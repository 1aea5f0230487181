//! The claims of a seat, in the order of the slots that it has out.
ghost use Rattle.std.specs.Prelude.{◌≡◌, ◌∷◌, ℕ, ◌<◌, ◌≤◌, length, map};
ghost use Rattle.atomic_table.specs.Table.{rest};
ghost use Rattle.circular_buffer.specs.Buffer.{buffer};
ghost use Rattle.shard_store.specs.Setup.{SetupData};
ghost use Rattle.shard_store.specs.Totals.{total, is};
ghost use Rattle.post_floor.specs.declared.view.View.{View};
ghost use Rattle.post_floor.specs.Claims.{cycled, first_is};
ghost use Rattle.post_floor.specs.Data.{AreOpen};

use crate::table::Pass;
use circular_buffer::HeapCircularBuffer;
use path_algebra::PathAlgebra;

/// Moves the first claim to the end.
fn rotate(claims: &mut HeapCircularBuffer<usize>)
    requires { (0 < length claims.old.items) × (length claims.old.items ≤ claims.old.capacity) }
    ensures { claims.new ≡ buffer (cycled claims.old.items) claims.old.capacity }
{
    if let Some(word) = claims.pop_front() {
        claims.push_back(word);
    }
}

/// Whether the first claim is on a mailbox.
fn is_first(claims: &HeapCircularBuffer<usize>, word: usize) -> bool
    ensures { result ≡ first_is word claims.now.items }
{
    match claims.front() {
        Some(first) => *first == word,
        None => false,
    }
}

/// Rotates the claims and the slots until those of a mailbox are the first.
pub(crate) fn rotate_to<A: PathAlgebra>(
    pass: &mut Pass<A>,
    claims: &mut HeapCircularBuffer<usize>,
    word: usize,
)
    requires keys { map (λ x. x.0) pass.old.me.1 ≡ claims.old.items }
    requires room { length claims.old.items ≤ claims.old.capacity }
    requires claim { 0 < total (is word) claims.old.items }
    ensures pass { (pass.new.table_id ≡ pass.old.table_id) × (pass.new.id ≡ pass.old.id) ×
        (pass.new.me.0 ≡ pass.old.me.0) }
    ensures room { (claims.new.capacity ≡ claims.old.capacity) ×
        (length claims.new.items ≡ length claims.old.items) }
    ensures open { (t : SetupData A) (s : ℕ) (v : View A A.Value) →
        AreOpen t s v pass.old.me.1 claims.old.items → AreOpen t s v pass.new.me.1 claims.new.items }
    ensures first { (y : _) × (pass.new.me.1 ≡ (word, y) ∷ rest pass.new.me.1) }
{
    while !is_first(claims, word) {
        rotate(claims);
        pass.turn();
    }
}
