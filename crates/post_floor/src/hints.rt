//! What each shard advertises to the others of the best value that waits for it, and how far they
//! may run ahead of it.
ghost use Rattle.std.specs.Prelude.{◌≡◌, ⊤, ℕ, ◌≢◌, IsTrue, IfOk, IfSome, IfNone, None, Some};
ghost use Rattle.post_floor.specs.Hints.{StandsFor, IsShown, IsBestShown, IsLimit};

use crossbeam_utils::CachePadded;
use path_algebra::{PathAlgebra, better_label, laws_hold};
use shard_part::Shard;
use std::alloc::{AllocError, Global};
use std::marker::Model;
use std::sync::atomic::{AtomicU64, Ordering};

/// The code that stands for no value: nothing waits, or nothing was advertised yet.
const NOTHING: u64 = u64::MAX;

/// How often it is tried to lower a word that others write at the same time.
const TRIES: u32 = 4;

/// How far a shard may run ahead of the others.
#[derive(Clone, Copy)]
pub struct Limit<V> {
    /// The best value that another shard advertises.
    pub best: V,
    /// The same after one more arc: what is worse is held back.
    pub value: V,
}

/// What a shard has advertised: whoever has one cannot have forgotten to.
#[derive(Drop)]
pub struct Advertised<V: Copy> {
    own: Shard,
    best: Option<V>,
}

impl<V: Copy> Model for Advertised<V> {
    ghost use Rattle.post_floor.specs.Hints.{Advert};

    ghost Value = { Advert V };

    ghost view = { λ a. record { shard = a.own; best = a.best } };
}

/// Shows of each shard the best value that waits for it, by its code: a hint, which may be late.
pub trait HintSource {
    /// The codes that it may show of the shard of this number.
    ghost may_show: { Self → ℕ → ℕ → Type 0 };

    /// The code of the best value that waits for a shard, or `u64::MAX` if there is none.
    fn shown(&self, shard: Shard) -> u64
        ensures { may_show self.now shard result };
}

/// A word for each shard, on a cache line of its own, with the code of the best value that waits
/// there, and by what weight a shard may run ahead.
#[derive(Drop)]
pub(crate) struct Hints {
    words: Vec<CachePadded<AtomicU64>>,
    pub(crate) ahead: Option<u32>,
}

impl HintSource for Hints {
    ghost may_show = { λ _ _ _. ⊤ };

    fn shown(&self, shard: Shard) -> u64 {
        match self.words.get(shard.0 as usize) {
            Some(word) => word.load(Ordering::Relaxed),
            None => NOTHING,
        }
    }
}

impl Hints {
    /// Nothing is advertised, and no shard is held back.
    pub(crate) fn new(alloc: Global, shards: usize) -> Result<Hints, AllocError>
        ensures { IfOk result (λ h. h.ahead ≡ None) }
    {
        let mut words = Vec::with_capacity(alloc, shards)?;
        for _ in 0..shards {
            words.push(CachePadded::new(AtomicU64::new(NOTHING)))?;
        }
        Ok(Hints { words, ahead: None })
    }

    /// From now on a shard may run ahead by this weight.
    pub(crate) fn hold_back(&mut self, ahead: u32)
        ensures { self.new.ahead ≡ Some ahead }
    {
        self.ahead = Some(ahead);
    }

    /// By what weight a shard may run ahead, if shards are held back.
    pub(crate) fn ahead(&self) -> Option<u32>
        ensures { result ≡ self.now.ahead }
    {
        self.ahead
    }

    /// Advertises the best value that waits at a shard.
    pub(crate) fn advertise<A: PathAlgebra>(
        &self,
        algebra: A,
        own: Shard,
        best: Option<A::Value>,
    ) -> Advertised<A::Value>
        ensures { (result.shard ≡ own) × (result.best ≡ best) }
    {
        if let Some(word) = self.words.get(own.0 as usize) {
            word.store(code_of(algebra, best), Ordering::Relaxed);
        }
        Advertised { own, best }
    }

    /// Advertises at a shard the best value that was sent to it, unless what it advertises is no
    /// worse. At its next turn it advertises what waits there again.
    pub(crate) fn lower<A: PathAlgebra>(&self, algebra: A, to: Shard, sent: A::Value) {
        if let Some(word) = self.words.get(to.0 as usize) {
            for _ in 0..TRIES {
                let code = word.load(Ordering::Relaxed);
                if is_as_good(algebra, code, sent) {
                    return;
                }
                let lowered = algebra.code(sent);
                if word
                    .compare_exchange(code, lowered, Ordering::Relaxed, Ordering::Relaxed)
                    .is_ok()
                {
                    return;
                }
            }
        }
    }
}

/// How far a shard may run ahead of the first `shards` shards, by what a source shows of them.
/// `Floor::limit` asks its own words; this is public, since its promise speaks of any source.
pub fn limit_by<A: PathAlgebra, H: HintSource>(
    hints: &H,
    algebra: A,
    own: Shard,
    shards: u8,
    ahead: u32,
) -> Option<Limit<A::Value>>
    ensures limit { IsLimit (A.meaning algebra) (H.may_show hints.now) shards own ahead result }
    ensures order { IfSome result (λ l. IsTrue (A.order l.best l.value)) }
{
    match best_of_others(hints, algebra, own, shards) {
        Some(best) => limit_after(algebra, best, ahead),
        None => None,
    }
}

/// The best value that a source shows of the first `shards` shards but one.
fn best_of_others<A: PathAlgebra, H: HintSource>(
    hints: &H,
    algebra: A,
    own: Shard,
    shards: u8,
) -> Option<A::Value>
    ensures value { IfSome result (λ x. IsTrue ((A.meaning algebra).is_value x)) }
    ensures best { IsBestShown (A.meaning algebra) (H.may_show hints.now) shards own result }
{
    let mut best = None;
    for shard in 0..shards {
        if shard != own.0 {
            best = better_label::<A>(best, value_shown(hints, algebra, Shard(shard)));
        }
    }
    best
}

/// The value that a source shows of a shard, if there is one.
fn value_shown<A: PathAlgebra, H: HintSource>(
    hints: &H,
    algebra: A,
    shard: Shard,
) -> Option<A::Value>
    ensures value { IfSome result (λ x. IsTrue ((A.meaning algebra).is_value x)) }
    ensures shown { IsShown (A.meaning algebra) (H.may_show hints.now) shard result }
{
    value_of(algebra, hints.shown(shard))
}

/// The code of a value, or of none.
fn code_of<A: PathAlgebra>(algebra: A, value: Option<A::Value>) -> u64 {
    match value {
        Some(value) => algebra.code(value),
        None => NOTHING,
    }
}

/// The value that a code stands for, if there is one.
fn value_of<A: PathAlgebra>(algebra: A, code: u64) -> Option<A::Value>
    ensures value { IfSome result (λ x. IsTrue ((A.meaning algebra).is_value x)) }
    ensures stands { StandsFor (A.meaning algebra) code result }
{
    laws_hold(algebra);
    if code == NOTHING {
        return None;
    }
    algebra.value_of(code)
}

/// A value, and the same after one more arc of this weight, if the arc may be taken.
fn limit_after<A: PathAlgebra>(algebra: A, best: A::Value, ahead: u32) -> Option<Limit<A::Value>>
    requires { IsTrue ((A.meaning algebra).is_value best) }
    ensures some { IfSome result (λ l. (l.best ≡ best) ×
        ((A.meaning algebra).extend best ahead ≡ Some l.value)) }
    ensures none { IfNone result ((A.meaning algebra).extend best ahead ≡ None) }
    ensures order { IfSome result (λ l. IsTrue (A.order l.best l.value)) }
{
    laws_hold(algebra);
    match algebra.extend(best, ahead) {
        Some(value) => Some(Limit { best, value }),
        None => None,
    }
}

/// Whether a code stands for a value that is no worse than this one.
fn is_as_good<A: PathAlgebra>(algebra: A, code: u64, sent: A::Value) -> bool {
    match value_of(algebra, code) {
        Some(value) => A::no_worse(value, sent),
        None => false,
    }
}
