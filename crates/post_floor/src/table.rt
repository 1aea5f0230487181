//! The table of words and slots that a floor is built on, and its rule.
use crate::view::View;
use atomic_table::{Shared, TableRule};
use path_algebra::PathAlgebra;
use shard_part::{Batch, Setup};
use std::marker::PhantomData;

/// What holds between any two steps on the words of a floor, whoever makes them: some events lead
/// from the opening to a state that all views and all mailboxes represent.
pub struct FloorRule<A> {
    of: PhantomData<A>,
}

impl<A: PathAlgebra> TableRule<Option<Batch<A::Value>>, View<A>, Setup<A>> for FloorRule<A> {
    ghost use Rattle.shard_part.specs.Opening.{opened_parts};
    ghost use Rattle.post_floor.specs.Floor.{FloorInvariant};
    ghost use Rattle.post_floor.specs.Seats.{knows};

    ghost holds = { λ k. FloorInvariant A.meaning k };

    ghost first = { λ k. knows k.plan.shards (opened_parts (A.meaning k.diffusion.algebra) k 0 k.plan.shards) };
}

/// What one caller knows of a table, and the slots that it has out.
pub(crate) type Pass<A> = atomic_table::Seat<Option<Batch<<A as PathAlgebra>::Value>>, View<A>>;

/// The words and slots of a floor, to be shared.
pub(crate) type Mailboxes<A> = Shared<
    Option<Batch<<A as PathAlgebra>::Value>>,
    View<A>,
    Setup<A>,
    FloorRule<A>,
>;
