//! Batches that move between a part and a mailbox.
ghost use Rattle.std.specs.Prelude.{◌≡◌, ◌≢◌, true, ◌<◌};
ghost use Rattle.atomic_table.specs.Table.{rest};
ghost use Rattle.post_floor.specs.Boxes.{box_count, dest, origin, IsBetween};
ghost use Rattle.post_floor.specs.Floor.{fill_claims};
ghost use Rattle.post_floor.specs.Plays.{IsNextFill, IsNextRead, HasEmpty, PublishOutcome, published_to, BatchOutcome};
ghost use Rattle.post_floor.specs.Data.{AtTable, IsSamePass};

use crate::mailbox::FULL;
use crate::steps::{publish_word, read_word};
use crate::table::{Mailboxes, Pass};
use path_algebra::PathAlgebra;
use shard_part::laws::part_holds;
use shard_part::{Part, Shard};
use std::marker::Brand;

/// Moves an outbox into the slot of a mailbox that is being filled, which is full then.
pub(crate) fn publish_batch<A: PathAlgebra>(
    table: &Mailboxes<A>,
    pass: &mut Pass<A>,
    part: &mut Part<'_, A>,
    to: Shard,
    word: usize,
)
    requires at { AtTable A.meaning table.now.table_id table.now.key pass.old.table_id pass.old.me.0
        part.old }
    requires setup { part.old.setup ≡ table.now.key }
    requires to { (to ≢ part.old.shard) × (to < table.now.key.plan.shards) }
    requires between { IsBetween table.now.key.plan.shards part.old.shard to word }
    requires next { IsNextFill table.now.key.plan.shards part.old.shard to word pass.old.me.0 }
    requires claim { 0 < fill_claims word pass.old.me.0 }
    requires held { HasEmpty table.now.key word pass.old.me }
    ensures pass { IsSamePass pass.old pass.new }
    ensures part { part.new ≡ published_to to part.old }
    ensures told { PublishOutcome to part.new word pass.old.me.0 pass.new.me.0 ×
        (pass.new.me.1 ≡ rest pass.old.me.1) }
{
    part_holds(part);
    let mut batch = table.exchange(pass, word, None).unwrap();
    part.swap_outbox(to, &mut batch);
    match table.exchange(pass, word, Some(batch)) {
        None => {}
        Some(_) => unreachable!(),
    }
    publish_word::<A, Brand>(table, pass, part, word);
}

/// Whether a mailbox is full. If so, it is being read now, and its batch goes into the queue.
pub(crate) fn read_batch<A: PathAlgebra>(
    table: &Mailboxes<A>,
    pass: &mut Pass<A>,
    part: &mut Part<'_, A>,
    word: usize,
) -> bool
    requires at { AtTable A.meaning table.now.table_id table.now.key pass.old.table_id pass.old.me.0
        part.old }
    requires setup { part.old.setup ≡ table.now.key }
    requires word { word < box_count table.now.key.plan.shards }
    requires to { dest table.now.key.plan.shards word ≡ part.old.shard }
    requires from { origin table.now.key.plan.shards word ≢ part.old.shard }
    requires next { IsNextRead table.now.key.plan.shards (origin table.now.key.plan.shards word)
        part.old.shard word pass.old.me.0 }
    ensures pass { IsSamePass pass.old pass.new }
    ensures told { BatchOutcome A.meaning result part.old part.new word pass.old.me pass.new.me }
{
    if read_word::<A, Brand>(table, pass, part, word) != FULL {
        return false;
    }
    let mut batch = table.exchange(pass, word, None).unwrap();
    part.receive(&mut batch);
    match table.exchange(pass, word, Some(batch)) {
        None => {}
        Some(_) => unreachable!(),
    }
    true
}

_ _ _

* What to work on:
The lines above that hold the word "Model" should be found and copied out.

* Written answer:
use std::marker::Model;
impl<V: Copy> Model for Advertised<V> {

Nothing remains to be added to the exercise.